Admiral says US can intercept North Korean missile

By Richard Lardner

Associated Press

Published: Tuesday, April 9 2013 12:10 p.m. MDT

Senate Armed Services Committee Chairman Sen. Carl Levin, D-Mich., left, talks with committee member Sen. John McCain, R-Ariz., on Capitol Hill in Washington, Tuesday, April 9, 2014, prior to the start of the committee's hearing focusing on the Korean peninsula as it reviews defense authorization requests for fiscal year 2014.

J. Scott Applewhite, Associated Press

Enlarge photo»

WASHINGTON — U.S. defenses could intercept a ballistic missile launched by North Korea, the top U.S. military commander in the Pacific said Tuesday, as the relationship between the West and the communist government hit its lowest ebb since the end of the Korean War.

Adm. Samuel Locklear, commander of U.S. Pacific Command, told the Senate Armed Services Committee that Kim Jong Un, the country's young and still relatively untested new leader, has used the past year to consolidate his power.

The admiral said Pyongyang's pursuit of nuclear weapons and long-range ballistic missiles represents a clear threat to the United States and its allies in the region.

During an exchange with Sen. John McCain, R-Ariz., Locklear said the U.S. military has the capability to thwart a North Korean strike, but he said a decision on whether a missile should be intercepted should be based on where it is aimed and expected to land.

"I believe we have the ability to defend the homeland, Guam, Hawaii and defend our allies," said Locklear, who added that it wouldn't take long to determine where a missile would strike.

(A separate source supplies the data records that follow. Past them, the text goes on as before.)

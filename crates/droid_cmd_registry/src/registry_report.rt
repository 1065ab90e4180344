//! The report on a registry, for standard error, and the note beside it. What is left out has its line in
//! `left_out_line.rt`.
//!
//! `output` of each `Display` is the exact text. Where a line is written for each item, the clause is the kit's
//! `WritesOnOk`: after `Ok` exactly this text was written.

ghost use Rattle.std.specs.Prelude.{◌≡◌, Some, flat_map};
ghost use Rattle.std.specs.Fmt.{WritesOnOk};
ghost use Rattle.droid_cmd_registry.specs.Reports.{count_line, described, described_line, digest_line, left_line};
ghost use Rattle.droid_cmd_registry.specs.Reports.{lines_text, note_text, numbers_text, part_text, report_text};
ghost use Rattle.droid_cmd_registry.specs.Reports.{taken_line, unknown_line, unless_quiet, unlisted_line};

use crate::left_out_line::{LeftOutLine, format_at};
use droid_signature::{LeftOut, Taken};
use droid_signature_file::{FileFormat, SignatureFile, UnknownName, UnknownPart};
use droid_terminal::Shown;
use std::fmt;
use std::fmt::{Display, Formatter, Write};

/// A signature file. Prints its version and its date of creation, as the file has them.
#[derive(Clone, Copy)]
struct Described<'a>(&'a SignatureFile);

impl Display for Described<'_> {
    ghost output = { λ it. Some (described it.0.now) };

    #[tactic(auto, unfolding(crate::specs::Reports::described))]
    fn fmt<W: Write>(&self, f: &mut Formatter<W>) -> fmt::Result {
        let version = Shown(self.0.version().as_bytes());
        let created = Shown(self.0.created().as_bytes());
        write!(f, "version {version}, of {created}")
    }
}

/// The line beside a registry that says which it is: the signature file's version and date, and the registry's MD5.
#[derive(Clone, Copy)]
pub(crate) struct NoteLine<'a> {
    pub file: &'a SignatureFile,
    /// The registry's MD5.
    pub digest: &'a str,
}

impl Display for NoteLine<'_> {
    ghost output = { λ it. Some (note_text it.file.now it.digest.now) };

    #[tactic(auto, unfolding(crate::specs::Reports::note_text))]
    fn fmt<W: Write>(&self, f: &mut Formatter<W>) -> fmt::Result {
        let described = Described(self.file);
        writeln!(
            f,
            "signature file: {described}; registry: MD5 {}",
            self.digest
        )
    }
}

/// The report on a registry. Prints its numbers, and the lines of single things unless it is quiet.
#[derive(Clone, Copy)]
pub(crate) struct RegistryReport<'a> {
    /// Whether the numbers alone are printed.
    pub quiet: bool,
    pub file: &'a SignatureFile,
    pub taken: Taken,
    pub left_out: &'a [LeftOut],
    /// The registry's MD5.
    pub digest: &'a str,
}

impl Display for RegistryReport<'_> {
    ghost output = { λ it. Some (report_text it.quiet it.file.now it.taken it.left_out.now it.digest.now) };

    #[tactic(auto, unfolding(crate::specs::Reports::report_text))]
    fn fmt<W: Write>(&self, f: &mut Formatter<W>) -> fmt::Result {
        let numbers = Numbers {
            file: self.file,
            taken: self.taken,
            left_out: self.left_out,
            digest: self.digest,
        };
        let lines = LinesUnlessQuiet {
            quiet: self.quiet,
            file: self.file,
            left_out: self.left_out,
        };
        write!(f, "{numbers}{lines}")
    }
}

/// The numbers of a registry. Prints five lines: its signature file, how much it has, how much was left out, how many
/// names that are not known are listed (at most 64, see [`SignatureFile::unknown`]), and its MD5.
#[derive(Clone, Copy)]
struct Numbers<'a> {
    file: &'a SignatureFile,
    taken: Taken,
    left_out: &'a [LeftOut],
    digest: &'a str,
}

impl Display for Numbers<'_> {
    ghost output = { λ it. Some (numbers_text it.file.now it.taken it.left_out.now it.digest.now) };

    #[tactic(auto, unfolding(crate::specs::Reports::numbers_text))]
    fn fmt<W: Write>(&self, f: &mut Formatter<W>) -> fmt::Result {
        let file = FileLine(self.file);
        let taken = TakenLine(self.taken);
        let left_out = CountLine {
            name: "left out",
            count: self.left_out.len(),
        };
        let unknown = CountLine {
            name: "unknown names",
            count: self.file.unknown().len(),
        };
        let digest = DigestLine(self.digest);
        write!(f, "{file}{taken}{left_out}{unknown}{digest}")
    }
}

/// The line that says which signature file it is.
#[derive(Clone, Copy)]
struct FileLine<'a>(&'a SignatureFile);

impl Display for FileLine<'_> {
    ghost output = { λ it. Some (described_line it.0.now) };

    #[tactic(auto, unfolding(crate::specs::Reports::described_line))]
    fn fmt<W: Write>(&self, f: &mut Formatter<W>) -> fmt::Result {
        writeln!(f, "signature file: {}", Described(self.0))
    }
}

/// The line that says how much a registry has.
#[derive(Clone, Copy)]
struct TakenLine(Taken);

impl Display for TakenLine {
    ghost output = { λ it. Some (taken_line it.0) };

    #[tactic(auto, unfolding(crate::specs::Reports::taken_line))]
    fn fmt<W: Write>(&self, f: &mut Formatter<W>) -> fmt::Result {
        let taken = self.0;
        writeln!(
            f,
            "taken: {} formats, {} signatures, {} extensions, {} priorities",
            taken.formats, taken.signatures, taken.extensions, taken.priorities
        )
    }
}

/// A name and a number. Prints as a line, with `: ` between.
#[derive(Clone, Copy)]
struct CountLine {
    name: &'static str,
    count: usize,
}

impl Display for CountLine {
    ghost output = { λ line. Some (count_line line.name.now line.count) };

    #[tactic(auto, unfolding(crate::specs::Reports::count_line))]
    fn fmt<W: Write>(&self, f: &mut Formatter<W>) -> fmt::Result {
        writeln!(f, "{}: {}", self.name, self.count)
    }
}

/// The line of a registry's MD5, which is given in hexadecimal digits.
#[derive(Clone, Copy)]
struct DigestLine<'a>(&'a str);

impl Display for DigestLine<'_> {
    ghost output = { λ it. Some (digest_line it.0.now) };

    #[tactic(auto, unfolding(crate::specs::Reports::digest_line))]
    fn fmt<W: Write>(&self, f: &mut Formatter<W>) -> fmt::Result {
        writeln!(f, "registry: MD5 {}", self.0)
    }
}

/// The lines of single things. Prints nothing if it is quiet.
#[derive(Clone, Copy)]
struct LinesUnlessQuiet<'a> {
    quiet: bool,
    file: &'a SignatureFile,
    left_out: &'a [LeftOut],
}

impl Display for LinesUnlessQuiet<'_> {
    ghost output = { λ it. Some (unless_quiet it.quiet (lines_text it.file.now it.left_out.now)) };

    fn fmt<W: Write>(&self, f: &mut Formatter<W>) -> fmt::Result {
        if self.quiet {
            return Ok(());
        }
        let lines = Lines {
            file: self.file,
            left_out: self.left_out,
        };
        write!(f, "{lines}")
    }
}

/// The lines of single things: the names that are not known, how often further ones stand in the file, and what was
/// left out.
#[derive(Clone, Copy)]
struct Lines<'a> {
    file: &'a SignatureFile,
    left_out: &'a [LeftOut],
}

impl Display for Lines<'_> {
    ghost output = { λ it. Some (lines_text it.file.now it.left_out.now) };

    #[tactic(auto, unfolding(crate::specs::Reports::lines_text))]
    fn fmt<W: Write>(&self, f: &mut Formatter<W>) -> fmt::Result {
        let unknown = UnknownLines(self.file.unknown());
        let unlisted = UnlistedLine(self.file.unlisted());
        let left_out = LeftOutLines {
            formats: self.file.formats(),
            left_out: self.left_out,
        };
        write!(f, "{unknown}{unlisted}{left_out}")
    }
}

/// The names of a signature file that are not known. Prints a line for each.
#[derive(Clone, Copy)]
struct UnknownLines<'a>(&'a [UnknownName]);

impl Display for UnknownLines<'_> {
    ghost output = { λ it. Some (flat_map unknown_line it.0.now) };

    fn fmt<W: Write>(&self, f: &mut Formatter<W>) -> fmt::Result {
        write_unknown(f, self.0)
    }
}

/// Writes a line for each of these names, in their order. Fails only if the formatter does.
fn write_unknown<W: Write>(f: &mut Formatter<W>, names: &[UnknownName]) -> fmt::Result
    ensures { WritesOnOk W.write_str_gives f.old result (flat_map unknown_line names.now) f.new }
{
    for name in names {
        write_name(f, name)?;
    }
    Ok(())
}

/// Writes the line of a name that is not known: whether it is an element's or an attribute's, the name with control
/// characters shown (`Shown`), and how often it stands in the file.
#[tactic(auto, unfolding(crate::specs::Reports::unknown_line))]
fn write_name<W: Write>(f: &mut Formatter<W>, it: &UnknownName) -> fmt::Result
    ensures { WritesOnOk W.write_str_gives f.old result (unknown_line it.now) f.new }
{
    let part = part_name(it.part);
    let name = Shown(it.name.as_str().as_bytes());
    writeln!(f, "unknown {part}: {name}: {} times", it.count)
}

/// Returns the word for what has a name that is not known: an element or an attribute.
fn part_name(part: UnknownPart) -> &'static str
    ensures { result.now ≡ part_text part }
{
    match part {
        UnknownPart::Element => "element",
        UnknownPart::Attribute => "attribute",
    }
}

/// How often names stand in the file beyond those that are listed. Prints nothing for 0.
#[derive(Clone, Copy)]
struct UnlistedLine(u64);

impl Display for UnlistedLine {
    ghost output = { λ it. Some (unlisted_line it.0) };

    #[tactic(auto, unfolding(crate::specs::Reports::unlisted_line))]
    fn fmt<W: Write>(&self, f: &mut Formatter<W>) -> fmt::Result {
        if self.0 == 0 {
            return Ok(());
        }
        writeln!(f, "further unknown names: {} times", self.0)
    }
}

/// What a registry does not have. Prints a line for each, with its format among `formats`.
#[derive(Clone, Copy)]
struct LeftOutLines<'a> {
    formats: &'a [FileFormat],
    left_out: &'a [LeftOut],
}

impl Display for LeftOutLines<'_> {
    ghost output = { λ it. Some (flat_map (left_line it.formats.now) it.left_out.now) };

    fn fmt<W: Write>(&self, f: &mut Formatter<W>) -> fmt::Result {
        write_left_out(f, self.formats, self.left_out)
    }
}

/// Writes a line for each thing that was left out, in their order. Fails only if the formatter does.
fn write_left_out<W: Write>(
    f: &mut Formatter<W>,
    formats: &[FileFormat],
    left_out: &[LeftOut],
) -> fmt::Result
    ensures { WritesOnOk W.write_str_gives f.old result (flat_map (left_line formats.now) left_out.now) f.new }
{
    for it in left_out {
        write_one(f, formats, *it)?;
    }
    Ok(())
}

/// Writes the line of one thing that was left out, whose format it finds by its place among `formats`.
fn write_one<W: Write>(f: &mut Formatter<W>, formats: &[FileFormat], it: LeftOut) -> fmt::Result
    ensures { WritesOnOk W.write_str_gives f.old result (left_line formats.now it) f.new }
{
    let format = format_at(formats, it.format);
    write!(f, "{}", LeftOutLine { format, it })
}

Locklear concurred with McCain's assessment that the tension between North Korea and the West was the worst since the end of the Korean War in the early 1950s. But the admiral insisted that the U.S. military and its allies would be ready if North Korea tried to strike.

"We're ready," Locklear said.

He said North Korea is keeping a large percentage of its combat forces along the demilitarized zone with South Korea, a position that allows the North to threaten U.S. and South Korean civilian and military personnel.

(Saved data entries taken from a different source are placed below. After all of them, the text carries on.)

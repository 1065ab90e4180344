//! How the command `registry` ends, and what is told of it.

ghost use Rattle.std.specs.Prelude.{◌≡◌, option_map};
ghost use Rattle.droid_cmd_registry.specs.Endings.{problem_row, told_of_file, told_unread, unput_row, wrong_row};
ghost use Rattle.droid_terminal.specs.Endings.{output_name, said, told};

use crate::registry_places::{Unput, Unread};
use droid_signature_file::{FileFault, Wrong};
use droid_terminal::{About, Detail, Ending, Row, faults};
use droid_xml::Problem;
use std::io::ErrorKind;

/// How the command ends.
#[derive(Clone, Copy)]
pub enum RegistryEnding {
    /// The registry has all that the signature file has.
    Whole,
    /// The registry is written, and something of the signature file is not in it.
    Partial,
    /// The signature file could not be read.
    NoFile(Unread),
    /// The file is no signature file. The fault is never [`FileFault::Memory`].
    NoSignatures(FileFault),
    /// The registry would have more than 16,777,216 bytes: `BYTES_LIMIT` of `droid_signature`, and of `droid_pronom`,
    /// which reads it. The prover ties `short` of `specs/Conversions.antt` to it; the sentence of `LONG_REGISTRY` in
    /// `droid_terminal`, the help (`conversion_help.rt` of `droid_arguments`) and docs/REGISTRY.md have it too.
    LongRegistry,
    /// Out of memory, before anything was written.
    NoMemory,
    /// The registry could not be written.
    NoRegistry(Unput),
    /// The registry was written, but not the note beside it.
    NoNote(Unput),
}

impl RegistryEnding {
    ghost use Rattle.droid_cmd_registry.specs.Endings.{told_by, unconverted};

    /// Returns the ending where nothing was made of the bytes: they are no signature file, or memory ran out.
    pub(crate) fn unconverted(fault: FileFault) -> RegistryEnding
        ensures { result ≡ unconverted fault }
    {
        match fault {
            FileFault::Memory => RegistryEnding::NoMemory,
            FileFault::Document { .. } | FileFault::NotASignatureFile(_) => {
                RegistryEnding::NoSignatures(fault)
            }
        }
    }

    /// Returns the ending by the table of faults, given the paths of the signature file and of the registry, if that
    /// has one. A fault of the note is about the file beside the registry, and says that the registry is complete.
    pub fn told<'a>(self, file: &'a str, output: Option<&'a str>) -> Ending<'a>
        ensures { told result ≡ told_by self file.now (output_name (option_map (λ text. text.now) output.entry)) }
    {
        let output = output.unwrap_or("standard output");
        match self {
            RegistryEnding::Whole => Ending::Whole,
            RegistryEnding::Partial => Ending::Partly,
            RegistryEnding::NoFile(why) => told_unread(why, file),
            RegistryEnding::NoSignatures(fault) => told_of_file(fault, file),
            RegistryEnding::LongRegistry => Ending::by(faults::LONG_REGISTRY, About::Path(file)),
            RegistryEnding::NoMemory => Ending::by(faults::MEMORY, About::Nothing),
            RegistryEnding::NoRegistry(why) => Ending::by(unput_row(why), About::Path(output)),
            RegistryEnding::NoNote(why) => Ending::detailed(
                unput_row(why),
                About::Beside(output, ".txt"),
                Detail::Words("; the registry itself is complete"),
            ),
        }
    }
}

/// Returns the ending where the signature file at this path could not be read: that it is missing, a folder or too
/// long, that a read failed or memory ran out, or the system's reason, whose words no clause holds.
fn told_unread<'a>(why: Unread, file: &'a str) -> Ending<'a>
    ensures { told result ≡ told_unread why file.now }
{
    let about = About::Path(file);
    match why {
        Unread::Unopened(ErrorKind::NotFound) => Ending::by(faults::UNOPENED_MISSING, about),
        Unread::Unopened(ErrorKind::IsADirectory) => Ending::by(faults::UNOPENED_FOLDER, about),
        Unread::Unopened(kind) => Ending::detailed(faults::UNOPENED, about, Detail::Cause(kind)),
        Unread::Failed => Ending::by(faults::READING_FAILED, about),
        Unread::TooLong => Ending::by(faults::LONG_SIGNATURE_FILE, about),
        Unread::Memory => Ending::by(faults::MEMORY, About::Nothing),
    }
}

/// Returns the ending where the file at this path is no signature file. It names the line where it is no XML, or what
/// is missing. `Memory` has its row, but never comes here: [`RegistryEnding::unconverted`] makes `NoMemory` of it.
fn told_of_file<'a>(fault: FileFault, file: &'a str) -> Ending<'a>
    ensures { told result ≡ told_of_file fault file.now }
{
    let about = About::Path(file);
    match fault {
        FileFault::Memory => Ending::by(faults::MEMORY, About::Nothing),
        FileFault::Document { problem, line } => {
            Ending::numbered(problem_row(problem), about, line as u64)
        }
        FileFault::NotASignatureFile(wrong) => Ending::by(wrong_row(wrong), about),
    }
}

/// Returns the row of the table for a problem of the XML document, whose name and sentence have its line.
fn problem_row(problem: Problem) -> Row
    ensures { said result ≡ problem_row problem }
{
    match problem {
        Problem::NotWellFormed => faults::NOT_WELL_FORMED,
        Problem::Doctype => faults::DOCTYPE,
        Problem::TooDeep => faults::TOO_DEEP,
        Problem::TooManyAttributes => faults::TOO_MANY_ATTRIBUTES,
        Problem::Encoding => faults::ENCODING,
    }
}

/// Returns the row of the table for an XML document that is no signature file.
fn wrong_row(wrong: Wrong) -> Row
    ensures { said result ≡ wrong_row wrong }
{
    match wrong {
        Wrong::Root => faults::OTHER_ROOT,
        Wrong::Number => faults::WRONG_NUMBER,
        Wrong::Sequence => faults::WRONG_SEQUENCE,
    }
}

/// Returns the row of the table for a registry or a note that could not be written.
fn unput_row(why: Unput) -> Row
    ensures { said result ≡ unput_row why }
{
    match why {
        Unput::SameFile => faults::SIGNATURE_FILE_ITSELF,
        Unput::Refused => faults::REGISTRY_REFUSED,
        Unput::Unwritten => faults::UNWRITTEN,
        Unput::Memory => faults::MEMORY,
    }
}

Locklear told the panel, "The continued advancement of the North's nuclear and missile programs, its conventional force posture and its willingness to resort to asymmetric actions as a tool of coercive diplomacy creates an environment marked by the potential for miscalculation. ..."

Increasingly bellicose rhetoric has come from Pyongyang and its leader, with North Korea urging foreign companies and tourists to leave South Korea and warning that the countries are on the verge of a nuclear war.

At the White House, spokesman Jay Carney brushed off the North's declaration that nuclear war was imminent as "more unhelpful rhetoric" and part of a pattern of combative statements and behavior that Pyongyang's leadership has demonstrated for years. He said the U.S. was working with Seoul and Tokyo on the issue.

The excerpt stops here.